The solution: always send amount explicitly as an { value, currency } object. To preserve the "full refund" idea, I made the wrapper smart — when the caller passes null, the wrapper defaults to the full booking/payment total. So from the caller's side a "full refund" stays terse, but what actually ships to the provider is always a real amount.value.

async function refundPayment(paymentId, { fullTotal, currency }, amount = null) {
  // The provider calls amount "optional," but its 422 says otherwise.
  // If the caller wants a full refund (null), send the full total explicitly.
  const refundAmount = amount ?? {
    value: fullTotal,   // e.g. "49.00" — decimal string, per the provider's format
    currency,           // e.g. "EUR"
  };
 
  const res = await fetch(`https://api.provider.test/v2/payments/${paymentId}/refunds`, {
    method: "POST",
    headers: {
      Authorization: `Bearer ${API_KEY}`,
      "Content-Type": "application/json",
    },
    body: JSON.stringify({ amount: refundAmount }),
  });
 
  if (!res.ok) {
    const body = await res.text();
    throw new Error(`Refund failed: ${res.status} ${body}`);
  }
  return res.json();
}

With amount.value always populated, the 422 vanished and full refunds went through cleanly.
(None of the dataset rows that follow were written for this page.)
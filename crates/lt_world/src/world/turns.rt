ghost use Rattle.std.specs.Prelude.{◌≡◌, ◌≢◌, ◌<◌, None, ℕ, length, slice_index_or, Some, IfOk};
ghost use Rattle.lt_modes.specs.declared.moves.Step.TheVariants.{Act};
ghost use Rattle.lt_spec.specs.World.{line_client};
ghost use Rattle.lt_world.specs.Fields.{AreTurns, turn_of, IsAfterRun, world_in, OthersStand, lines_of_last_move, with_turn, is_act_of, other_named};

use crate::network::Network;
use lt_modes::{Event, Step};
use lt_script::Script;
use lt_turns::Turns;
use std::alloc::{AllocError, Global};

/// The clients that can act, each by the number of commands that it has made.
pub(super) fn turns_of(
    alloc: Global,
    script: &Script,
    network: &Network,
) -> Result<Turns, AllocError>
    requires { IsAfterRun script.now network.now }
    ensures { IfOk result (λ turns. AreTurns script.now turns (world_in script.now network.now)) }
{
    let mut turns = Turns::new(alloc, script.clients())?;
    for client in 0..script.clients() {
        turns.set(client, turn_of(script, network, client));
    }
    Ok(turns)
}

/// Notes who can act after the last move, which was this step: the client whose command it was and those that its lines
/// name may do so from now on, or no more.
pub(super) fn note_turns(turns: &mut Turns, script: &Script, network: &Network, step: Step)
    requires holds { IsAfterRun script.now network.now }
    requires some { 0 < length network.now.run.entries }
    requires count { length turns.old ≡ length script.now.clients }
    requires others { OthersStand script.now turns.old (world_in script.now network.now) step (lines_of_last_move network.now.run.entries) 0 }
    ensures { AreTurns script.now turns.new (world_in script.now network.now) }
{
    note_named(turns, script, network, step);
    if let Step::Act(client) = step {
        note_turn(turns, script, network, client);
    }
}

// Notes it of the clients that the lines of the last move name.
fn note_named(turns: &mut Turns, script: &Script, network: &Network, step: Step)
    requires holds { IsAfterRun script.now network.now }
    requires some { 0 < length network.now.run.entries }
    requires count { length turns.old ≡ length script.now.clients }
    requires others { OthersStand script.now turns.old (world_in script.now network.now) step (lines_of_last_move network.now.run.entries) 0 }
    ensures count { length turns.new ≡ length script.now.clients }
    ensures others { (c : ℕ) → c < length script.now.clients → step ≢ Act c
        → slice_index_or turns.new c None ≡ turn_of script.now (world_in script.now network.now) c }
{
    let lines = network.run.events(network.run.len() - 1);
    for line in lines {
        note_line(turns, script, network, step, line);
    }
}

// Notes it of the client that the line names, where it names one, unless the step is a command of this client.
fn note_line(turns: &mut Turns, script: &Script, network: &Network, step: Step, line: &Event)
    requires holds { IsAfterRun script.now network.now }
    requires count { length turns.old ≡ length script.now.clients }
    ensures { turns.new ≡ with_turn script.now (world_in script.now network.now)
        (other_named step (line_client line.now)) turns.old }
{
    if let Some(client) = client_of(line) {
        if !is_act_of(step, client) {
            note_turn(turns, script, network, client);
        }
    }
}

// Whether the step is a command of this client.
fn is_act_of(step: Step, client: u16) -> bool
    ensures { result ≡ is_act_of step client }
{
    match step {
        Step::Act(actor) => actor == client,
        Step::Take(_) => false,
    }
}

// Notes it of this client, where it is one of the script's.
fn note_turn(turns: &mut Turns, script: &Script, network: &Network, client: u16)
    requires holds { IsAfterRun script.now network.now }
    requires count { length turns.old ≡ length script.now.clients }
    ensures { turns.new ≡ with_turn script.now (world_in script.now network.now) (Some client) turns.old }
{
    if client < script.clients() {
        turns.set(client, turn_of(script, network, client));
    }
}

// How many commands the client has made, where it can make one more now.
fn turn_of(script: &Script, network: &Network, client: u16) -> Option<u64>
    requires holds { IsAfterRun script.now network.now }
    requires client { client < length script.now.clients }
    ensures { result ≡ turn_of script.now (world_in script.now network.now) client }
{
    let node = &network.nodes[usize::from(script.home(client))];
    if node.runnable(client) {
        Some(node.made(client))
    } else {
        None
    }
}

// The client that acts or is answered by the line.
fn client_of(line: &Event) -> Option<u16>
    ensures { result ≡ line_client line.now }
{
    match *line {
        Event::Grant { client, .. }
        | Event::Wait { client, .. }
        | Event::Try { client, .. }
        | Event::Unlock { client, .. }
        | Event::NotHeld { client, .. }
        | Event::Change { client, .. }
        | Event::DropAll { client, .. }
        | Event::Busy { client, .. }
        | Event::Withdraw { client, .. }
        | Event::Withdrawn { client, .. }
        | Event::Void { client, .. }
        | Event::Withheld { client, .. } => Some(client),
        Event::Copy { .. } | Event::Freeze { .. } | Event::Token { .. } => None,
    }
}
But there was a second, separate problem. One time the refund call ran slow, and the UI hung — the button stuck on a spinner, and the admin had no idea whether the refund had gone through or not. I never want a slow network to hold the interface hostage. So I wrapped the request in a Promise.race against a timeout, and afterward I reconciled the booking state straight from the server:

function withTimeout(promise, ms) {
  const timeout = new Promise((_, reject) =>
    setTimeout(() => reject(new Error("timeout")), ms)
  );
  return Promise.race([promise, timeout]);
}
 
async function handleRefundClick(paymentId, booking) {
  try {
    await withTimeout(refundPayment(paymentId, booking, null), 8000);
  } catch (err) {
    // Slow or timed out isn't the same as failed — don't leave the spinner stuck.
  } finally {
    // Source of truth: ask the server what the booking state actually is.
    await reconcileBookingState(booking.id);
    setSpinner(false);
  }
}

Now, fast or slow, the UI never gets trapped. After the timeout I re-ask the server what the booking's real state is, and the UI follows that truth — instead of guessing from a response that might never arrive on time.

The takeaway

Two things I carry forward. First, payment API docs sometimes lie about "optional" fields. Don't trust the prose — read the actual 4xx response body, and send the field explicitly when the server demands it. The string amount is required for payments was more honest than any paragraph of documentation.

Second, treat every network call to a payment provider as fallible. Never assume it returns promptly. Wrap it in a timeout, and afterward reconcile state from the server as the source of truth. That way a slow network is only slightly slower — not a spinner stuck forever and an admin left guessing whether the client's money has actually been returned.